Tuesday, January 31, 2017

Migrate a WordPress blog into HubSpot

There is a tutorial on how to migrate WordPress blog posts into hubspot. If anything more complicated is needed, e.g. to deal with language variants, here are some commands that will help to automate it. I am also offering the migration as a service.

The situation was that the original blog had language variants in the form of http://blog.company.com/2017/... (without any language specified) for English and http://blog.company.com/ru/2017/... for other languages (in this case, "ru" for Russian).

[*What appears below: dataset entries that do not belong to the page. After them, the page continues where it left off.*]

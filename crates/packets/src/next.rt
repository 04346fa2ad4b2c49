// The next packet of a file that is read ahead in a lent buffer, as a record or in an ADTS frame. Bytes at which no frame begins can be passed over.
use crate::Ending;
use ahead::Ahead;
use host::Host;
use records::Stop;
use sent_packets::Span;

// The longest packet.
const MOST: usize = 4096;

// So many bytes are looked through at once for a frame: a frame is shorter.
const STRETCH: usize = 8192;

// What comes next: a packet, which stands in the buffer from a place on in so many bytes; or so many bytes at which no frame begins, which are passed over.
#[derive(Clone, Copy, Debug)]
pub enum Next {
    Packet { from: usize, length: usize },
    Passed(usize),
}

// A file that is read ahead in a lent buffer. Places are counted from the first byte that is read ahead.
#[derive(Drop)]
pub struct Reader<'a> {
    pub ahead: Ahead,
    pub buf: &'a mut [u8],
}

impl<'a> Reader<'a> {
    // Reads on, to so many bytes ahead. Answers how many are read ahead.
    fn fill(&mut self, host: &Host, need: usize) -> usize {
        self.ahead = self.ahead.filled(host, self.buf, need);
        self.ahead.len()
    }

    // So many bytes at a place; nothing where they are not there.
    fn bytes_at(&self, at: usize, many: usize) -> &[u8] {
        let start = self.ahead.from.wrapping_add(at);
        sent_packets::packet_of(self.buf, start, start.wrapping_add(many))
    }

    // Where the packet at a place stands, counted from there, by where its record or frame says that it stands.
    fn whole(&mut self, host: &Host, at: usize, span: Span) -> Result<Span, Ending> {
        if MOST < crate::size(span) {
            return Err(Ending::Records(Stop::Long));
        }
        let end = at.wrapping_add(span.to);
        if self.fill(host, end) < end {
            return Err(Ending::Records(Stop::Cut));
        }
        Ok(span)
    }

    // Where the packet of the record or frame at a place stands, counted from there.
    fn look_at(&mut self, host: &Host, at: usize, adts: bool) -> Result<Span, Ending> {
        let head = crate::head_length(adts);
        let end = at.wrapping_add(head);
        let size = self.fill(host, end);
        if size <= at {
            return Err(Ending::Records(Stop::End));
        }
        if size < end {
            return Err(Ending::Records(Stop::Cut));
        }
        let span = crate::span_of(self.bytes_at(at, head), adts)?;
        self.whole(host, at, span)
    }

    // Whether a frame may end at a place: a syncword stands there, or the file ends.
    fn leads(&mut self, host: &Host, at: usize) -> bool {
        let end = at.wrapping_add(2);
        let size = self.fill(host, end);
        if size < end {
            return (size == at) & self.ahead.stop.is_some();
        }
        match self.bytes_at(at, 2) {
            &[first, second] => frames::is_sync(first, second),
            _ => false,
        }
    }

    // Whether a frame begins at a place: it has a syncword, and a length behind which another one stands, or the file's end.
    fn begins(&mut self, host: &Host, at: usize) -> bool {
        match packet(self.look_at(host, at, true)) {
            Some(span) => self.leads(host, at.wrapping_add(span.to)),
            None => false,
        }
    }

    // The first place before another one, after the first byte that is read ahead, at which a frame begins.
    fn begun_inside(&mut self, host: &Host, end: usize) -> Option<usize> {
        self.fill(host, end.wrapping_add(7));
        for at in 1..end {
            if self.begins(host, at) {
                return Some(at);
            }
        }
        None
    }

    // Takes the packet that is read ahead.
    fn take(&mut self, span: Span) -> Next {
        let from = self.ahead.from.wrapping_add(span.from);
        self.ahead = self.ahead.without(span.to);
        Next::Packet {
            from,
            length: crate::size(span),
        }
    }

    // Passes over bytes up to a place.
    fn pass(&mut self, at: usize) -> Next {
        let before = self.ahead.offset;
        self.ahead = self.ahead.without(at);
        Next::Passed(self.ahead.offset.wrapping_sub(before) as usize)
    }

    // What comes of a place at which a frame should begin, and none does, or one that leads to no other nor to the file's end. Where another begins inside it,
    // it was cut, or its length is wrong, and it is passed over up to there; else it stands, if it is a frame.
    fn settle(&mut self, host: &Host, stands: Option<Span>) -> Next {
        let end = match stands {
            Some(span) => span.to,
            None => STRETCH,
        };
        match (self.begun_inside(host, end), stands) {
            (None, Some(span)) => self.take(span),
            (found, _) => self.pass(found.unwrap_or(end)),
        }
    }

    // What comes of the place at which the next frame should begin, where bytes at which none does are passed over. A frame that follows on such bytes stands
    // only if it leads to another, or to the file's end.
    fn resync(
        &mut self,
        host: &Host,
        place: Result<Span, Ending>,
        behind: bool,
    ) -> Result<Next, Ending> {
        let end = match place {
            Ok(span) => span.to,
            Err(Ending::Records(Stop::End)) => return Err(Ending::Records(Stop::End)),
            Err(_) => 0,
        };
        let leads = self.leads(host, end);
        Ok(match packet(place) {
            Some(span) if leads => self.take(span),
            Some(span) if !behind => self.settle(host, Some(span)),
            _ => self.settle(host, None),
        })
    }

    // Takes the packet at the first place, if one stands there.
    fn take_at(&mut self, place: Result<Span, Ending>) -> Result<Next, Ending> {
        let span = place?;
        if crate::size(span) == 0 {
            return Err(Ending::Empty);
        }
        Ok(self.take(span))
    }

    // Reads the next packet; where `resync` is set, bytes at which no ADTS frame begins are passed over, and `behind` says that such bytes stand before it.
    pub fn read(
        &mut self,
        host: &Host,
        adts: bool,
        resync: bool,
        behind: bool,
    ) -> Result<Next, Ending> {
        let place = self.look_at(host, 0, adts);
        let next = if resync {
            self.resync(host, place, behind)
        } else {
            self.take_at(place)
        };
        if self.ahead.stop == Some(Stop::Failed) {
            return Err(Ending::Records(Stop::Failed));
        }
        next
    }
}

// Where a packet stands that is there and has bytes.
fn packet(place: Result<Span, Ending>) -> Option<Span> {
    place.ok().filter(|span| span.from < span.to)
}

Therefore, we process English blog items separately:

{ xmlstarlet ed -d '//item[not(contains(link,"blog.avast.com/20"))]' all.xml; echo ""; } > all-en.xml

Other languages are processed automatically with the help of a loop:

for L in cs de es fr it ja pl pt-br ru tr uk ; do export F=all-$L.xml;  { xmlstarlet ed  -d '//item[not(contains(link,"blog.avast.com/'$L'/"))]' all.xml; echo ""; } > "$F"; sed -r -i "s:(<link.*blog.avast.com/)$L/:\1:g" $F; done

There are redirects to be set up in the HubSpot settings so that the old URLs are still accessible and they will point to existing articles (new locations). This helps to maintain ranking in search engines and does not break links from other sites.

# english without a cycle
L="" perl -ne 'if(/^http:\/\/blog.avast.com(.*),http:\/\/avast.hs-sites.com(.*)$/ && not ($1 eq $2)) { print "$1,$2\n"}' > redirects-languages.txt


# other languages
for L in de it fr ru pl pt-br cs es; do
perl -ne 'if(/^http:\/\/blog.avast.com(.*),http:\/\/avast.hs-sites.com(.*)$/ && not ("/'$L'$1" eq $2)) { print "/'$L'$1,$2\n"}' >> redirects-languages.txt
done


One may have to deal with CDATA:

CDATA tag replace in ViM:

:%s#\(<script.*\)// <!\[CDATA\[#\1#
:%s#// \]\]\]\]><!\[CDATA\[></script>#</script>#

When uploading new redirects (which is possible to do in bulk), we deleted the old redirects first. It is possible to automate it with an iMacros script:

VERSION BUILD=8940826 RECORDER=FX
TAB T=1
URL GOTO=https://app.hubspot.com/content/486579/settings/url-mappings
TAG POS=1 TYPE=SPAN ATTR=CLASS:dropdown-targetsettings-icon&&TXT:
TAG POS=11 TYPE=A ATTR=TXT:Delete
TAG POS=1 TYPE=A ATTR=ID:hs-fancybox-ok

With these commands, it was possible to migrate thousands of blog posts from WordPress into HubSpot.